A different kind of collaboration
If you have spent your career designing products built on deterministic software -- where the same input always produces the same output -- working with machine learning engineers will require a fundamental shift in how you think, communicate, and design.
I have been working alongside ML engineers at Helsing for over a year now, and the collaboration is unlike anything I experienced in consumer tech. Here is what I have learned.
Understand probabilistic thinking
The single biggest adjustment: ML systems are probabilistic, not deterministic. Your model will be right most of the time, not all of the time. This changes everything about how you design.
You need to ask different questions:
- What happens when the model's confidence is low?
- How do we communicate uncertainty without eroding trust?
- What does the human decision loop look like when the AI gets it wrong?
- How do we design for graceful degradation, not just happy paths?
Learn the vocabulary
You do not need to understand the math, but you need to understand the concepts. Learn what precision and recall mean. Understand the difference between false positives and false negatives and why the tradeoff between them matters for your users. Know what a confidence score represents.
When an ML engineer says "we can improve recall but it will hurt precision," you need to understand the design implications of that tradeoff immediately.
Design for the model's limitations
Every model has a performance envelope -- conditions under which it works well and conditions under which it struggles. Your job is to design interfaces that are honest about these boundaries.
This means:
- Surfacing confidence levels where appropriate
- Building in human review steps for low-confidence outputs
- Designing feedback mechanisms so users can correct the model
- Never presenting AI outputs as absolute truth
The worst AI interfaces are the ones that pretend the model is infallible.
Embrace iteration differently
In traditional product design, you iterate on the interface. In AI products, the model itself is iterating. Performance improves over time. Capabilities expand. Edge cases get handled.
This means your designs need to be resilient to changing model behavior. Build flexible layouts. Use abstraction layers. Design systems that can accommodate outputs you have not seen yet.

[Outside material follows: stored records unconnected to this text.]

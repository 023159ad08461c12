//! The leaves of a directory inside a fragment: each is asked once, and no memory is taken.
ghost use Rattle.std.specs.Prelude.{◌≡◌, ◌↔◌, ◌≤◌, IsTrue};
ghost use Rattle.fragtree.specs.FragTree.{lies_inside};
ghost use Rattle.inode_table.specs.Dirs.{leaves_of};
ghost use Rattle.subtree_map.specs.Authority.{IsSubtrees};
ghost use Rattle.ranked_tree.specs.Exported.{IsAnyFrozen};
ghost use Rattle.ranked_tree.specs.Subtrees.{AllHave, IsInsideAt};

use crate::regions::Regions;
use inode_table::Dirs;
use mds_types::{Frag, Ino, Rank};
use subtree_map::{Subtrees, end_of};

/// Whether each leaf inside a fragment has this rank as its authority.
pub(crate) fn all_have(dirs: &Dirs, roots: &Subtrees, dir: Ino, frag: Frag, rank: Rank) -> bool
    requires valid { IsSubtrees roots.now.roots dirs.now.homes dirs.now.trees }
    ensures { IsTrue result ↔ AllHave dirs.now.homes dirs.now.trees roots.now.roots dir frag rank }
{
    if !dirs.contains(dir) {
        return true;
    }
    let mut hash = frag.value();
    while let Some(leaf) = leaf_inside(dirs, dir, frag, hash) {
        if roots.authority(dirs, dir, leaf) != rank {
            return false;
        }
        hash = end_of(leaf);
    }
    true
}

/// Whether a leaf inside a fragment is frozen.
pub(crate) fn some_frozen(dirs: &Dirs, regions: &Regions, dir: Ino, frag: Frag) -> bool
    ensures { IsTrue result ↔ IsAnyFrozen regions.now.exports regions.now.roots.roots
        dirs.now.homes dirs.now.trees dir frag }
{
    if !dirs.contains(dir) {
        return false;
    }
    let mut hash = frag.value();
    while let Some(leaf) = leaf_inside(dirs, dir, frag, hash) {
        if regions.exports.is_frozen(&regions.roots, dirs, dir, leaf) {
            return true;
        }
        hash = end_of(leaf);
    }
    false
}

/// The leaf properly inside a fragment that contains a hash from its first one on, if one does; otherwise each of those
/// inside begins before the hash. With `end_of` it walks over all leaves inside. Takes no memory.
pub fn leaf_inside(dirs: &Dirs, dir: Ino, frag: Frag, hash: u32) -> Option<Frag>
    requires { frag.value ≤ hash }
    ensures { IsInsideAt (leaves_of dirs.now.trees dir.0) frag hash result }
{
    if hash >= end_of(frag) {
        return None;
    }
    let leaf = dirs.pick(dir, hash);
    if !lies_inside(frag, leaf) {
        return None;
    }
    Some(leaf)
}

// Whether a fragment lies properly inside another.
fn lies_inside(frag: Frag, leaf: Frag) -> bool
    ensures { result ≡ lies_inside frag leaf }
{
    frag.bits() < leaf.bits() && frag.contains_frag(leaf)
}
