//! Import: what isn't clean of a sent region goes to its importer, which holds the region from then on.
ghost use Rattle.std.specs.Prelude.{◌≡◌, ◌↔◌, Some, IfErr, IfOk, IsTrue, OnErr, OnOk, length};
ghost use Rattle.std.specs.FinMap as map;
ghost use Rattle.mds_types.specs.declared.object_names.ObjName.TheVariants.{Frag as FragOf};
ghost use Rattle.mds_types.specs.declared.refusals.Refusal.TheVariants.{Damaged};
ghost use Rattle.dentry_cache.specs.CacheMap.{AreCaches};
ghost use Rattle.export_regions.specs.Regions.{AreCachedOf};
ghost use Rattle.export_steps.specs.declared.exports.ExportState.TheVariants as state;
ghost use Rattle.export_steps.specs.Standing.{IsBetweenRanks};
ghost use Rattle.mdcache.specs.Core.{IsSoundCore, LacksPlacesAt, shown_in, state_of};
ghost use Rattle.ranked_tree.specs.Exported.{IsDivided};
ghost use Rattle.ranked_tree.specs.Importing.{Imports, IsSpelledBy, IsWrong, KeepsRegion, LeavesCaches, MayNotImport, RefusesImport, TakesRegion};
ghost use Rattle.ranked_tree.specs.Ranked.{held_roots};
ghost use Rattle.ranked_tree.specs.Sending.{IsInRegionOf};
ghost use Rattle.ranked_tree.specs.Subtrees.{KeepsOutside};

use crate::ranked_tree::RankedTree;
use crate::regions::Regions;
use export_regions::{RegionLeaves, Spelled, spell_region};
use export_steps::{ExportState, StandingExport};
use mdcache::MdCache;
use mds_types::{Dirfrag, Frag, Ino, ObjName, Refusal};
use objstore::Store;
use std::alloc::Global;

impl<S: Store + Drop> RankedTree<S> {
    /// Import: where the bytes are those of the region of a sent export, each fragment of it that isn't clean is in the
    /// importer's cache, of generation 0, and the exporter caches none of it; the importer holds the region from now
    /// on. What the tree shows stays, and so do the roots. The store isn't called. Takes memory for the region's
    /// leaves, for a copy of its dirty names and for their bytes, and for the places.
    ///
    /// # Errors `WrongExportState` where no sent export of this root stands. Where one does, `Damaged` with the root's
    /// object where the bytes aren't those of the region, `NothingToEvict` where fewer places of the importer are free
    /// or can become so than fragments were sent, and `NoMemory`, which may come first. Then the state and the exports
    /// are left as they were; clean fragments of the importer may have gone for want of memory.
    pub fn import(
        &mut self,
        alloc: Global,
        dir: Ino,
        frag: Frag,
        bytes: &[u8],
    ) -> Result<(), Refusal>
        ensures imported { OnOk result (Imports self.old self.new (dir, frag) bytes.now) }
        ensures refused { IfErr result
            (RefusesImport (λ count rank. LacksPlacesAt count self.old.tree rank)
            (state_of self.old.tree) self.old.subtrees.roots self.old.exports (dir, frag) bytes.now) }
        ensures left { OnErr result (state_of self.new.tree ≡ state_of self.old.tree) }
        ensures stands { OnErr result (self.new.exports ≡ self.old.exports) }
        ensures caches { IfErr result
            (LeavesCaches self.old.exports (dir, frag) self.old.tree.caches self.new.tree.caches) }
        ensures shown { shown_in self.new.tree ≡ shown_in self.old.tree }
        ensures roots { self.new.subtrees ≡ self.old.subtrees }
        ensures others { KeepsOutside (Some (dir, frag)) (state_of self.old.tree) (state_of self.new.tree)
            (held_roots self.old) (held_roots self.new) }
        ensures count { length self.new.tree.caches.used ≡ length self.old.tree.caches.used }
        ensures cap { self.new.tree.caches.cap ≡ self.old.tree.caches.cap }
        ensures faults { self.new.tree.faults ≡ self.old.tree.faults }
    {
        let Some(export) = self.regions.export_in(dir, frag, ExportState::Sent) else {
            return Err(Refusal::WrongExportState);
        };
        let root = (dir, frag);
        if let Err(refusal) = take_region(
            alloc,
            &mut self.tree,
            &self.regions,
            &root,
            export,
            bytes,
        ) {
            return Err(refusal);
        }
        self.regions.exports.import(dir, frag, export);
        Ok(())
    }
}

// Takes the region of a sent export over from its exporter to its importer, where the bytes are the region's.
fn take_region<S: Store + Drop>(
    alloc: Global,
    tree: &mut MdCache<S>,
    regions: &Regions,
    root: &(Ino, Frag),
    export: StandingExport,
    bytes: &[u8],
) -> Result<(), Refusal>
    requires divided { IsDivided tree.old regions.now }
    requires stands { map.get regions.now.exports root.now ≡ Some export }
    requires sent { export.state ≡ state.Sent }
    requires ranks { IsBetweenRanks export }
    ensures taken { OnOk result (TakesRegion tree.old tree.new regions.now root.now export bytes.now) }
    ensures refused { IfErr result
        (MayNotImport (λ count rank. LacksPlacesAt count tree.old rank)
        (state_of tree.old) regions.now.roots.roots root.now export bytes.now) }
    ensures left { OnErr result (state_of tree.new ≡ state_of tree.old) }
    ensures caches { IfErr result (KeepsRegion export.importer tree.old.caches tree.new.caches) }
    ensures still { OnErr result (IsDivided tree.new regions.now) }
    ensures shown { shown_in tree.new ≡ shown_in tree.old }
    ensures beside { tree.new ≡ record tree.old { caches = tree.new.caches } }
    ensures count { length tree.new.caches.used ≡ length tree.old.caches.used }
    ensures cap { tree.new.caches.cap ≡ tree.old.caches.cap }
    ensures sound { IsSoundCore tree.new }
{
    match sent_leaves(alloc, tree, regions, root, export, bytes) {
        Ok(region) => tree.hand_over(
            export.exporter,
            export.importer,
            region.unclean(),
            region.clean(),
        ),
        Err(refusal) => Err(refusal),
    }
}

// The leaves of the region of a sent export that its exporter caches, where the bytes are the region's.
fn sent_leaves<S: Store + Drop>(
    alloc: Global,
    tree: &MdCache<S>,
    regions: &Regions,
    root: &(Ino, Frag),
    export: StandingExport,
    bytes: &[u8],
) -> Result<RegionLeaves, Refusal>
    requires divided { IsDivided tree.now regions.now }
    requires stands { map.get regions.now.exports root.now ≡ Some export }
    requires sent { export.state ≡ state.Sent }
    requires ranks { IsBetweenRanks export }
    ensures cached { IfOk result
        (AreCachedOf (IsInRegionOf (state_of tree.now) regions.now.roots.roots root.now) tree.now.caches
        export.exporter.0) }
    ensures spelled { IfOk result
        (λ leaves. IsSpelledBy (state_of tree.now) regions.now.roots.roots root.now export bytes.now
        (length leaves.unclean)) }
    ensures refused { IfErr result (IsWrong (state_of tree.now) regions.now.roots.roots root.now export bytes.now) }
    ensures valid { OnOk result (AreCaches tree.now.caches) }
{
    let at = Dirfrag {
        dir: root.0,
        frag: root.1,
        rank: export.exporter,
    };
    let (caches, dirs) = (tree.caches(), tree.dirs());
    let found = spell_region(alloc, caches, &regions.roots, dirs, &at, export.importer)?;
    let Some(
        Spelled {
            leaves,
            bytes: right,
        },
    ) = found
    else {
        return Err(not_sent(root));
    };
    if !are_same(right.as_slice(), bytes) {
        return Err(not_sent(root));
    }
    Ok(leaves)
}

// Whether bytes are these.
fn are_same(bytes: &[u8], others: &[u8]) -> bool
    ensures { IsTrue result ↔ (bytes.now ≡ others.now) }
{
    bytes == others
}

// Other bytes than were sent: told with the root's object.
fn not_sent(root: &(Ino, Frag)) -> Refusal
    ensures { result ≡ Damaged (FragOf root.now.0 root.now.1) }
{
    Refusal::Damaged(ObjName::Frag(root.0, root.1))
}
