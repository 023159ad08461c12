//! The names of a directory, a page at a time: each of its leaves is asked at the rank that holds it.
ghost use Rattle.std.specs.Prelude.{◌≡◌, true, List, [], IfOk, IfErr, OnOk, length, nat_lt, take};
ghost use Rattle.std.specs.Result.{result_err};
ghost use Rattle.std.specs.Option.{option_copied};
ghost use Rattle.std.specs.FinMap as map;
ghost use Rattle.mds_types.specs.Frag.{Fragment};
ghost use Rattle.mds_types.specs.Step.{names_after};
ghost use Rattle.mds_types.specs.Tree.{is_directory};
ghost use Rattle.objstore.specs.Omap.{key_cmp};
ghost use Rattle.sorted_map.specs.Places.{puts};
ghost use Rattle.cached_frag.specs.Rows.{NamedInode, rows_after};
ghost use Rattle.inode_table.specs.Dirs.{IsLive, is_known, leaves_of};
ghost use Rattle.dentry_cache.specs.CacheMap.{unclean};
ghost use Rattle.mdcache.specs.Frags.{KeepsState};
ghost use Rattle.mdcache.specs.Pages.{IsPageOf, rows_gathered};
ghost use Rattle.mdcache.specs.Core.{state_of};
ghost use Rattle.mdcache.specs.Reads.{MayNotFind};
ghost use Rattle.mdcache.specs.Shown.{names_of, shown_tree};
ghost use Rattle.ranked_tree.specs.Held.{IsOwned, LacksPlacesDir, LacksPlacesFor, ReadsDir};
ghost use Rattle.ranked_tree.specs.Exported.{held_in};

use crate::holding::holder_of;
use crate::regions::Regions;
use mdcache::{MdCache, Page};
use mds_types::{Dirfrag, Frag, Ino, Listing, Name, PageSize, Refusal};
use objstore::Store;
use std::alloc::Global;

/// The first `max` names of a directory greater than `after`, or of all where none is given, in order, with their
/// inodes, and whether more follow. Its leaves are fetched one after the other, and each is left at its first name that
/// can't be in the page. Takes memory for the page, for a copy of what leaves there are, and for a leaf that is read.
///
/// Refused `NothingToEvict` where no place of a leaf's rank is free and no fragment can go, `StoreFault`, and
/// `NoMemory`.
pub(crate) fn list_dir<S: Store + Drop>(
    alloc: Global,
    tree: &mut MdCache<S>,
    regions: &Regions,
    dir: Ino,
    after: Option<&Name>,
    max: PageSize,
) -> Result<(Listing, bool), Refusal>
    requires known { is_directory (shown_tree (state_of tree.old)) dir.0 ≡ true }
    requires owned { IsOwned tree.old (held_in regions.now) }
    ensures listed { IfOk result
        (λ page. page.0 ≡ take max (names_after (shown_tree (state_of tree.old)) dir.0 (option_copied after.entry))) }
    ensures more { IfOk result
        (λ page. page.1 ≡ nat_lt max (length (names_after (shown_tree (state_of tree.old)) dir.0
        (option_copied after.entry)))) }
    ensures kept { KeepsState tree.old tree.new (result_err result) }
    ensures reads { ReadsDir (held_in regions.now) dir tree.old tree.new }
    ensures owned { IsOwned tree.new (held_in regions.now) }
    ensures refused { IfErr result
        (MayNotFind (LacksPlacesDir 1 tree.old (held_in regions.now) dir) tree.old.faults tree.new.faults) }
{
    let mut page = Page::new(alloc, max);
    if let Err(refusal) = gather_leaves(alloc, tree, regions, dir, after, &mut page) {
        return Err(refusal);
    }
    Ok(page.into_listing())
}

// Takes the names of a directory greater than `after` into a page, leaf by leaf.
fn gather_leaves<S: Store + Drop>(
    alloc: Global,
    tree: &mut MdCache<S>,
    regions: &Regions,
    dir: Ino,
    after: Option<&Name>,
    page: &mut Page,
) -> Result<(), Refusal>
    requires known { is_known tree.old.homes dir.0 ≡ true }
    requires owned { IsOwned tree.old (held_in regions.now) }
    ensures page { (whole : List NamedInode) → IsPageOf whole page.old
        → OnOk result (IsPageOf (rows_gathered (λ (f : Fragment). names_of (unclean tree.old.caches) tree.old.objects
        (dir, f)) (option_copied after.entry) whole (leaves_of tree.old.covers dir.0)) page.new) }
    ensures most { page.new.most ≡ page.old.most }
    ensures kept { KeepsState tree.old tree.new (result_err result) }
    ensures reads { ReadsDir (held_in regions.now) dir tree.old tree.new }
    ensures owned { IsOwned tree.new (held_in regions.now) }
    ensures refused { IfErr result
        (MayNotFind (LacksPlacesDir 1 tree.old (held_in regions.now) dir) tree.old.faults tree.new.faults) }
{
    let leaves = tree.dirs().tree(alloc, dir)?;
    for frag in &leaves {
        match gather_leaf(alloc, tree, regions, (dir, frag), after, page) {
            Ok(()) => {}
            Err(refusal) => return Err(refusal),
        }
    }
    Ok(())
}

// Takes the names of a leaf greater than `after` into a page; the leaf is fetched.
fn gather_leaf<S: Store + Drop>(
    alloc: Global,
    tree: &mut MdCache<S>,
    regions: &Regions,
    leaf: (Ino, Frag),
    after: Option<&Name>,
    page: &mut Page,
) -> Result<(), Refusal>
    requires live { IsLive tree.old.homes tree.old.covers leaf }
    requires owned { IsOwned tree.old (held_in regions.now) }
    ensures page { (whole : List NamedInode) → IsPageOf whole page.old
        → OnOk result (IsPageOf (puts key_cmp whole (rows_after (option_copied after.entry)
        (map.entries (names_of (unclean tree.old.caches) tree.old.objects leaf)))) page.new) }
    ensures most { page.new.most ≡ page.old.most }
    ensures kept { KeepsState tree.old tree.new (result_err result) }
    ensures reads { ReadsDir (held_in regions.now) leaf.0 tree.old tree.new }
    ensures owned { IsOwned tree.new (held_in regions.now) }
    ensures refused { IfErr result
        (MayNotFind (LacksPlacesFor 1 tree.old (held_in regions.now) leaf) tree.old.faults tree.new.faults) }
{
    let (dir, frag) = leaf;
    let rank = holder_of(tree, regions, dir, frag);
    tree.gather(alloc, &Dirfrag { dir, frag, rank }, after, page)
}
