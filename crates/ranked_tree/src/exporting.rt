//! The steps of an export before Send: each leaves every leaf its holder.
ghost use Rattle.std.specs.Prelude.{◌≡◌, ◌≢◌, ◌<◌, ◌≤◌, Some, OnOk, OnErr, length};
ghost use Rattle.std.specs.FinMap as map;
ghost use Rattle.inode_table.specs.Dirs.{IsLive};
ghost use Rattle.export_steps.specs.declared.exports.StandingExport.{StandingExport};
ghost use Rattle.export_steps.specs.Standing.{Cancels, Freezes, Preps, Starts};
ghost use Rattle.mdcache.specs.Core.{state_of};
ghost use Rattle.ranked_tree.specs.Exported.{EndsRegion};
ghost use Rattle.ranked_tree.specs.Ranked.{IsFrozenLeaf, held_roots};
ghost use Rattle.ranked_tree.specs.Subtrees.{AreRoots, KeepsAuthorities, Rules};

use crate::ending_jobs::end_region;
use crate::ranked_tree::RankedTree;
use mds_types::{Frag, Ino, Rank, Refusal};
use objstore::Store;
use std::alloc::Global;

impl<S: Store + Drop> RankedTree<S> {
    /// Start: records the exporter and the importer of a root's region, which are two ranks that there are, as
    /// `Exports::start` does and refuses. The tree and the roots stay, and so does which rank holds each region.
    pub fn start(
        &mut self,
        dir: Ino,
        frag: Frag,
        exporter: Rank,
        importer: Rank,
    ) -> Result<(), Refusal>
        requires exporter { exporter.0 < length self.old.tree.caches.used }
        requires importer { importer.0 < length self.old.tree.caches.used }
        requires few { length self.old.tree.caches.used ≤ 16 }
        requires apart { exporter.0 ≢ importer.0 }
        ensures started { Starts self.old.exports self.new.exports (dir, frag) exporter importer result }
        ensures tree { self.new.tree ≡ self.old.tree }
        ensures roots { self.new.subtrees ≡ self.old.subtrees }
        ensures holders { held_roots self.new ≡ held_roots self.old }
    {
        self.regions.exports.start(dir, frag, exporter, importer)
    }

    /// Freeze: a leaf of a started export, whose authority is the exporter and which isn't frozen, is a subtree root of
    /// the exporter, as `Exports::freeze` makes it and refuses. Its region changes no more from now on: the jobs of its
    /// leaves end. No leaf gets another authority, nor another rank that holds it.
    pub fn freeze(&mut self, dir: Ino, frag: Frag) -> Result<(), Refusal>
        requires live { IsLive self.old.tree.homes self.old.tree.covers (dir, frag) }
        requires thawed { IsFrozenLeaf self.old (dir, frag) → ⊥ }
        requires mine { (export : StandingExport) → map.get self.old.exports (dir, frag) ≡ Some export
            → Rules (state_of self.old.tree) self.old.subtrees.roots (dir, frag) export.exporter }
        ensures frozen { Freezes self.old.exports self.new.exports self.old.subtrees self.new.subtrees
            (dir, frag) result }
        ensures ended { OnOk result
            (EndsRegion (state_of self.old.tree) (state_of self.new.tree) self.new.subtrees.roots (dir, frag)) }
        ensures left { OnErr result (self.new.tree ≡ self.old.tree) }
        ensures caches { self.new.tree.caches ≡ self.old.tree.caches }
        ensures faults { self.new.tree.faults ≡ self.old.tree.faults }
        ensures authorities { KeepsAuthorities (state_of self.old.tree)
            (state_of self.new.tree) self.old.subtrees.roots self.new.subtrees.roots }
        ensures holders { KeepsAuthorities (state_of self.old.tree) (state_of self.new.tree)
            (held_roots self.old) (held_roots self.new) }
        ensures valid { AreRoots (state_of self.new.tree) self.new.subtrees.roots }
    {
        self.regions
            .exports
            .freeze(&mut self.regions.roots, dir, frag)?;
        end_region(&mut self.tree, &self.regions.roots, &(dir, frag));
        Ok(())
    }

    /// Prep: the importer of a frozen region gets to know its bounds, and its root is promised to it, as
    /// `Exports::prep` does and refuses. The tree and the roots stay, and so does which rank holds each region.
    pub fn prep(&mut self, alloc: Global, dir: Ino, frag: Frag) -> Result<(), Refusal>
        ensures prepared { Preps self.old.exports self.new.exports self.old.subtrees self.new.subtrees
            (dir, frag) result }
        ensures tree { self.new.tree ≡ self.old.tree }
        ensures roots { self.new.subtrees.roots ≡ self.old.subtrees.roots }
        ensures holders { held_roots self.new ≡ held_roots self.old }
    {
        self.regions.exports.prep(&mut self.regions.roots, alloc, self.tree.dirs(), dir, frag)
    }

    /// Cancel: an export that isn't sent yet is over, and its region thaws, as `Exports::cancel` does and refuses. The
    /// tree and the roots stay, and so does which rank holds each region. Takes no memory.
    pub fn cancel(&mut self, dir: Ino, frag: Frag) -> Result<(), Refusal>
        ensures cancelled { Cancels self.old.exports self.new.exports self.old.subtrees self.new.subtrees
            (dir, frag) result }
        ensures tree { self.new.tree ≡ self.old.tree }
        ensures roots { self.new.subtrees.roots ≡ self.old.subtrees.roots }
        ensures holders { held_roots self.new ≡ held_roots self.old }
    {
        self.regions
            .exports
            .cancel(&mut self.regions.roots, dir, frag)
    }
}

Ship feedback loops, not just features
The most valuable thing you can design in an AI product is not a beautiful interface. It is a feedback loop -- a mechanism that captures user corrections and channels them back into model improvement. This is where design and ML engineering converge, and it is where the real product value compounds.
Your ML engineers are not your backend team with different tools. They are partners in defining what the product can even be.